# 4x4 BLD tutorials? ( a good one pls)



## rubiksarlen (May 13, 2011)

can sum1 show me a good tutorial for 4x4 BLD? 

not LNOL's or bldmaster cuz they don't work for me especially LNOl's tutorial. i just don't like bldmaster's cos his voice is piercy that's all but if it is really gud i may watch it again.

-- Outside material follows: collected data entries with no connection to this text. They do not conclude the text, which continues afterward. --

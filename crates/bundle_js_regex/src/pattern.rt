//! A pattern that is read, and its terms (ECMA-262, 22.2.1).

ghost use Rattle.std.specs.Prelude.{◌≤◌, ⊤, length, MatchResult};

use crate::fault::{RegexError, RegexRefusal};
use crate::flags::unicode_of;
use crate::survey::survey_of;
use bundle_js_scan::byte::byte_at;
use std::alloc::Global;
use std::collections::BTreeMap;

/// What a group is.
#[derive(Clone, Copy, PartialEq, Eq, Debug)]
pub enum RegexGroup {
    /// It captures, or only groups.
    Plain,
    /// It looks ahead.
    Ahead,
    /// It looks behind.
    Behind,
}

/// A reference to a group by its name, and its place.
#[derive(Drop)]
pub struct BackReference {
    pub name: String,
    pub at: usize,
}

/// A pattern, the place up to which it is read, and what was read so far.
#[derive(Drop)]
pub struct Pattern<'a> {
    pub source: &'a str,
    pub at: usize,
    /// Whether it has the flag `u`.
    pub unicode: bool,
    /// How many groups it captures.
    pub groups: usize,
    /// Whether one of its groups has a name.
    pub named: bool,
    /// The groups that are open.
    pub open: Vec<RegexGroup>,
    /// The names of groups, with their places.
    pub names: BTreeMap<String, usize>,
    pub references: Vec<BackReference>,
    pub alloc: Global,
}

/// Checks the text of a pattern and its flags: an error with the byte of the pattern at which reading stopped.
pub fn check(alloc: Global, pattern: &str, flags: &str) -> Result<(), RegexRefusal>
    ensures { MatchResult result (λ _. ⊤) (λ refusal. refusal.at ≤ length pattern.now) }
{
    let unicode = match unicode_of(flags) {
        Ok(unicode) => unicode,
        Err(error) => return Err(RegexRefusal { error, at: 0 }),
    };
    let seen = survey_of(pattern.as_bytes());
    let mut reader = Pattern {
        source: pattern,
        at: 0,
        unicode,
        groups: seen.groups,
        named: seen.named,
        open: Vec::new(alloc),
        names: BTreeMap::new(alloc),
        references: Vec::new(alloc),
        alloc,
    };
    match reader.terms() {
        Ok(()) => Ok(()),
        Err(error) => {
            let at = reader.at.min(pattern.len());
            Err(RegexRefusal { error, at })
        }
    }
}

/// Checks a literal with its slashes and flags: an error with the byte of the literal at which reading stopped.
pub fn check_literal(alloc: Global, literal: &str) -> Result<(), RegexRefusal>
    ensures { MatchResult result (λ _. ⊤) (λ refusal. refusal.at ≤ length literal.now) }
{
    let end = match literal.rfind('/') {
        Some(end) if end > 0 => end,
        _ => {
            return Err(RegexRefusal {
                error: RegexError::Flag,
                at: 0,
            });
        }
    };
    let pattern = literal.get(1..end).unwrap_or("");
    let flags = literal
        .get(end.saturating_add(1)..literal.len())
        .unwrap_or("");
    match check(alloc, pattern, flags) {
        Ok(()) => Ok(()),
        Err(RegexRefusal { error, at }) => {
            let at = at.saturating_add(1).min(literal.len());
            Err(RegexRefusal { error, at })
        }
    }
}

impl Pattern<'_> {
    /// The byte so far behind the place, and 0 behind the end.
    pub fn ahead(&self, far: usize) -> u8 {
        byte_at(self.source.as_bytes(), self.at.saturating_add(far))
    }

    /// Whether the pattern is read.
    pub fn is_end(&self) -> bool {
        self.at >= self.source.len()
    }

    /// Goes so many bytes on.
    pub fn skip(&mut self, count: usize) {
        self.at = self.at.saturating_add(count);
    }

    /// Goes on over the byte where it stands here.
    pub fn eat(&mut self, byte: u8) -> bool {
        let here = !self.is_end() && self.ahead(0) == byte;
        if here {
            self.skip(1);
        }
        here
    }

    // Reads the whole pattern. Each term takes a byte at least.
    fn terms(&mut self) -> Result<(), RegexError> {
        if self.groups > 32767 {
            return Err(RegexError::Groups);
        }
        for _ in 0..self.source.len() {
            if self.is_end() {
                break;
            }
            self.term()?;
        }
        if self.open.len() > 0 {
            return Err(RegexError::OpenGroup);
        }
        self.resolve()
    }

    // Reads a term, or one of the signs between terms.
    fn term(&mut self) -> Result<(), RegexError> {
        match self.ahead(0) {
            b'^' | b'$' | b'|' => {
                self.skip(1);
                Ok(())
            }
            b'(' => self.open_group(),
            b')' => {
                let group = self.close_group()?;
                self.quantifier(group)
            }
            b'*' | b'+' | b'?' => Err(RegexError::Nothing),
            b'[' => {
                self.skip(1);
                self.class()?;
                self.quantifier(RegexGroup::Plain)
            }
            b'\\' => {
                if self.escape()? {
                    self.quantifier(RegexGroup::Plain)
                } else {
                    Ok(())
                }
            }
            b'{' | b'}' | b']' => self.bracket(),
            _ => {
                self.skip(1);
                self.quantifier(RegexGroup::Plain)
            }
        }
    }

    // A bracket that is a character by itself, without `u` alone.
    fn bracket(&mut self) -> Result<(), RegexError> {
        if self.ahead(0) == b'{' && self.interval().is_some() {
            Err(RegexError::Nothing)
        } else if self.unicode {
            Err(RegexError::Bracket)
        } else {
            self.skip(1);
            self.quantifier(RegexGroup::Plain)
        }
    }

    // The quantifier behind an atom or a group of this kind, if one stands there.
    fn quantifier(&mut self, group: RegexGroup) -> Result<(), RegexError> {
        match self.ahead(0) {
            b'*' | b'+' | b'?' => self.skip(1),
            b'{' => match self.interval() {
                Some((least, greatest)) => if least > greatest {
                    return Err(RegexError::Numbers);
                },
                None if self.unicode => return Err(RegexError::Brace),
                None => return Ok(()),
            },
            _ => return Ok(()),
        }
        let _lazy = self.eat(b'?');
        match group {
            RegexGroup::Plain => Ok(()),
            RegexGroup::Ahead if !self.unicode => Ok(()),
            _ => Err(RegexError::Quantifier),
        }
    }

    // The numbers of the quantifier in braces that begins here, and goes behind it; none, and stays, where none
    // does.
    fn interval(&mut self) -> Option<(u32, u32)> {
        let start = self.at;
        self.skip(1);
        let numbers = self.interval_numbers();
        if numbers.is_none() {
            self.at = start;
        }
        numbers
    }

    fn interval_numbers(&mut self) -> Option<(u32, u32)> {
        let least = self.number()?;
        if self.eat(b'}') {
            return Some((least, least));
        }
        if !self.eat(b',') {
            return None;
        }
        if self.eat(b'}') {
            return Some((least, u32::MAX));
        }
        let greatest = self.number()?;
        if self.eat(b'}') {
            Some((least, greatest))
        } else {
            None
        }
    }

    // The number whose digits begin here, cut at 2 ^ 31 - 1 as V8 does.
    fn number(&mut self) -> Option<u32> {
        if !self.ahead(0).is_ascii_digit() {
            return None;
        }
        let mut number: u32 = 0;
        for _ in self.at..self.source.len() {
            match self.ahead(0) {
                byte @ b'0'..=b'9' => {
                    number = number.saturating_mul(10).saturating_add(byte as u32 - 48);
                    self.skip(1);
                }
                _ => break,
            }
        }
        Some(number.min(2147483647))
    }
}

so far. i haven't found any better 4x4 bld tutorial vids on the net so i'm looking for ur help.


----------



## irontwig (May 13, 2011)

If you can't be bothered to even write a decent looking post I don't think you'll have the patience for 4BLD.


----------



## Cubenovice (May 13, 2011)

rlly rccmmnd mk hghy’s wrttn ttrl bt y hv lrdy dsmssd tht… 
nthr grt wrt p by chrs hrdwck cn b fnd in th cbng yhgrp
f y rlly wnt vd: knch22’s yt chnnl hs gd 4BLD ttrls


----------



## Zane_C (May 13, 2011)

I haven't watched this, but here is Daniel's 4BLD tutorial.


----------



## aronpm (May 13, 2011)

w o w


----------



## ianography (May 13, 2011)

yes, sum1 show him a gud 4x4 bld tutorial cuz he can't find a good one on the net and he's asking for ur help.

Please use correct grammar next time.


----------



## asportking (May 13, 2011)

Unofficial rule #1 on speedsolving forums: If you ask a question but can't spell correctly, you'll get nothing but sarcasm as an answer. 
By the way, I'm pretty sure this is a QUESTION. Therefore, it probably belongs in the speedsolving help/QUESTIONS section.


----------



## Cool Frog (May 13, 2011)

ianography said:


> yes, sum1 show him a gud 4x4 bld tutorial cuz he can't find a good one on the net and he's asking for ur help.
> 
> Please use correct grammar next time.


 
Grammar nazi's


----------



## Akuma (May 13, 2011)

I AM SUER YOU VAN FIDN A PRETY OGOD TUTORAIL IN TEH FOURMS RAOUN HDERE . YUO JYSTR HAEV TO LOK ARUOND LIEK ADN STUF !!!!!!!!?!!!!!!!!!!!?!!!!!!!1


----------



## tim (May 13, 2011)

Cool Frog said:


> Grammar nazi*s*


 
Fixed.


----------



## JonnyWhoopes (May 13, 2011)

Cool Frog said:


> Grammar Nazis


 
I prefer it being a title.


----------



## RyanReese09 (May 13, 2011)

I can personally vouch for Daniels :tu.


----------



## Cool Frog (May 13, 2011)

JonnyWhoopes said:


> I prefer it being a title.


 
It is a title, bravo. *claps hands* [/grammar jokes]


----------



## kinch2002 (May 13, 2011)

RyanReese09 said:


> I can personally vouch for Daniels :tu.


Same. I was there when he made them and they are pretty awesome


----------